━━━ EXERCISE MATERIAL

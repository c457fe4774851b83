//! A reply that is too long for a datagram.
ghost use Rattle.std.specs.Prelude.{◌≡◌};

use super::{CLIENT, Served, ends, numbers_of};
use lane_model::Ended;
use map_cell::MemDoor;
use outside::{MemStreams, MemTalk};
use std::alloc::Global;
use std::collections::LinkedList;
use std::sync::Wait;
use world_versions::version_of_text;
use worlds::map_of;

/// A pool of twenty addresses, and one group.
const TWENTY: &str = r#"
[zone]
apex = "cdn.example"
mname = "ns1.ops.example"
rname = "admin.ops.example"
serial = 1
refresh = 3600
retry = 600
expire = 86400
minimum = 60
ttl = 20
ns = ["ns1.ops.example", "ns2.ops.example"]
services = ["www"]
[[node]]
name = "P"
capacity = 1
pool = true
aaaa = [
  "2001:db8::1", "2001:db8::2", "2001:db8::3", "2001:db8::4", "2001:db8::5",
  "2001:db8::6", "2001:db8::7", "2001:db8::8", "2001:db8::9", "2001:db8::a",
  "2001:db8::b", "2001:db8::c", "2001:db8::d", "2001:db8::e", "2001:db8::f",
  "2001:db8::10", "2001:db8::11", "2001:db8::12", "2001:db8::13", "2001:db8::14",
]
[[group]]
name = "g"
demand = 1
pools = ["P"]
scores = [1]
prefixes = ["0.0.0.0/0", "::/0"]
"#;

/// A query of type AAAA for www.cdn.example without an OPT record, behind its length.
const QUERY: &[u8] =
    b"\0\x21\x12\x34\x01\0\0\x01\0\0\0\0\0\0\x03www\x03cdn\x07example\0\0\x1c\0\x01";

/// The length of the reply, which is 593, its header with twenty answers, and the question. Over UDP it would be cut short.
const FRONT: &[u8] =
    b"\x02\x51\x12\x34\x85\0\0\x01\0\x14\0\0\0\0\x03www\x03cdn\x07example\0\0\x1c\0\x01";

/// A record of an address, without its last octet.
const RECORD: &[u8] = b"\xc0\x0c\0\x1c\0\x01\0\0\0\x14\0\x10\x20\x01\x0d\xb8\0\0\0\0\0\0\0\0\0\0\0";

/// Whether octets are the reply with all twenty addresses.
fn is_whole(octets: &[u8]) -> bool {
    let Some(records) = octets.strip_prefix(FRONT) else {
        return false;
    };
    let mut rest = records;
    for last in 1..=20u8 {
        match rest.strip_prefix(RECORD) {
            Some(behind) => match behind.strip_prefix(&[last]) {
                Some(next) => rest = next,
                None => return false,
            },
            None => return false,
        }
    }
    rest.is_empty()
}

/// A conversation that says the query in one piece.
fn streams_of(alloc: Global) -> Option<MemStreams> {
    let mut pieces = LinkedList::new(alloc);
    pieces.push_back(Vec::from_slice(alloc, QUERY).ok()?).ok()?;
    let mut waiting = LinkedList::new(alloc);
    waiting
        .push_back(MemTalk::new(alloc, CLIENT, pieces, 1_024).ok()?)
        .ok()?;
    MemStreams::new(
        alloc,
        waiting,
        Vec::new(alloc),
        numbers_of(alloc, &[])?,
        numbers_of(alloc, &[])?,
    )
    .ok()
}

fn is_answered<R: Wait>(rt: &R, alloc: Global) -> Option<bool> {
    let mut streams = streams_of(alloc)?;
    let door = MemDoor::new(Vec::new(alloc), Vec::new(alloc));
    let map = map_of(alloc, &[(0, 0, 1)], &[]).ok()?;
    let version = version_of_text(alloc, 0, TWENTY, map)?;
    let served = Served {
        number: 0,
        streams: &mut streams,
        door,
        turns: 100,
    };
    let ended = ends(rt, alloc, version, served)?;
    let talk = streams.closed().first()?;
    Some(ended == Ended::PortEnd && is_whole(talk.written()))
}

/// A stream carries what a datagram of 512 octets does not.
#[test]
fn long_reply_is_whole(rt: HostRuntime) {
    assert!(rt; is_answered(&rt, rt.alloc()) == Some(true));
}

━━━━━━

Transcribe the material so that every line matches the original exactly.

repository c457fe4774851b83
//! A reply that is too long for a datagram.
ghost use Rattle.std.specs.Prelude.{◌≡◌};

use super::{CLIENT, Served, ends, numbers_of};
use lane_model::Ended;
use map_cell::MemDoor;
use outside::{MemStreams, MemTalk};
use std::alloc::Global;
use std::collections::LinkedList;
use std::sync::Wait;
use world_versions::version_of_text;
use worlds::map_of;

/// A pool of twenty addresses, and one group.
const TWENTY: &str = r#"
[zone]
apex = "cdn.example"
mname = "ns1.ops.example"
rname = "admin.ops.example"
serial = 1
refresh = 3600
retry = 600
expire = 86400
minimum = 60
ttl = 20
ns = ["ns1.ops.example", "ns2.ops.example"]
services = ["www"]
[[node]]
name = "P"
capacity = 1
pool = true
aaaa = [
  "2001:db8::1", "2001:db8::2", "2001:db8::3", "2001:db8::4", "2001:db8::5",
  "2001:db8::6", "2001:db8::7", "2001:db8::8", "2001:db8::9", "2001:db8::a",
  "2001:db8::b", "2001:db8::c", "2001:db8::d", "2001:db8::e", "2001:db8::f",
  "2001:db8::10", "2001:db8::11", "2001:db8::12", "2001:db8::13", "2001:db8::14",
]
[[group]]
name = "g"
demand = 1
pools = ["P"]
scores = [1]
prefixes = ["0.0.0.0/0", "::/0"]
"#;

/// A query of type AAAA for www.cdn.example without an OPT record, behind its length.
const QUERY: &[u8] =
    b"\0\x21\x12\x34\x01\0\0\x01\0\0\0\0\0\0\x03www\x03cdn\x07example\0\0\x1c\0\x01";

/// The length of the reply, which is 593, its header with twenty answers, and the question. Over UDP it would be cut short.
const FRONT: &[u8] =
    b"\x02\x51\x12\x34\x85\0\0\x01\0\x14\0\0\0\0\x03www\x03cdn\x07example\0\0\x1c\0\x01";

/// A record of an address, without its last octet.
const RECORD: &[u8] = b"\xc0\x0c\0\x1c\0\x01\0\0\0\x14\0\x10\x20\x01\x0d\xb8\0\0\0\0\0\0\0\0\0\0\0";

/// Whether octets are the reply with all twenty addresses.
fn is_whole(octets: &[u8]) -> bool {
    let Some(records) = octets.strip_prefix(FRONT) else {
        return false;
    };
    let mut rest = records;
    for last in 1..=20u8 {
        match rest.strip_prefix(RECORD) {
            Some(behind) => match behind.strip_prefix(&[last]) {
                Some(next) => rest = next,
                None => return false,
            },
            None => return false,
        }
    }
    rest.is_empty()
}

/// A conversation that says the query in one piece.
fn streams_of(alloc: Global) -> Option<MemStreams> {
    let mut pieces = LinkedList::new(alloc);
    pieces.push_back(Vec::from_slice(alloc, QUERY).ok()?).ok()?;
    let mut waiting = LinkedList::new(alloc);
    waiting
        .push_back(MemTalk::new(alloc, CLIENT, pieces, 1_024).ok()?)
        .ok()?;
    MemStreams::new(
        alloc,
        waiting,
        Vec::new(alloc),
        numbers_of(alloc, &[])?,
        numbers_of(alloc, &[])?,
    )
    .ok()
}

fn is_answered<R: Wait>(rt: &R, alloc: Global) -> Option<bool> {
    let mut streams = streams_of(alloc)?;
    let door = MemDoor::new(Vec::new(alloc), Vec::new(alloc));
    let map = map_of(alloc, &[(0, 0, 1)], &[]).ok()?;
    let version = version_of_text(alloc, 0, TWENTY, map)?;
    let served = Served {
        number: 0,
        streams: &mut streams,
        door,
        turns: 100,
    };
    let ended = ends(rt, alloc, version, served)?;
    let talk = streams.closed().first()?;
    Some(ended == Ended::PortEnd && is_whole(talk.written()))
}

/// A stream carries what a datagram of 512 octets does not.
#[test]
fn long_reply_is_whole(rt: HostRuntime) {
    assert!(rt; is_answered(&rt, rt.alloc()) == Some(true));
}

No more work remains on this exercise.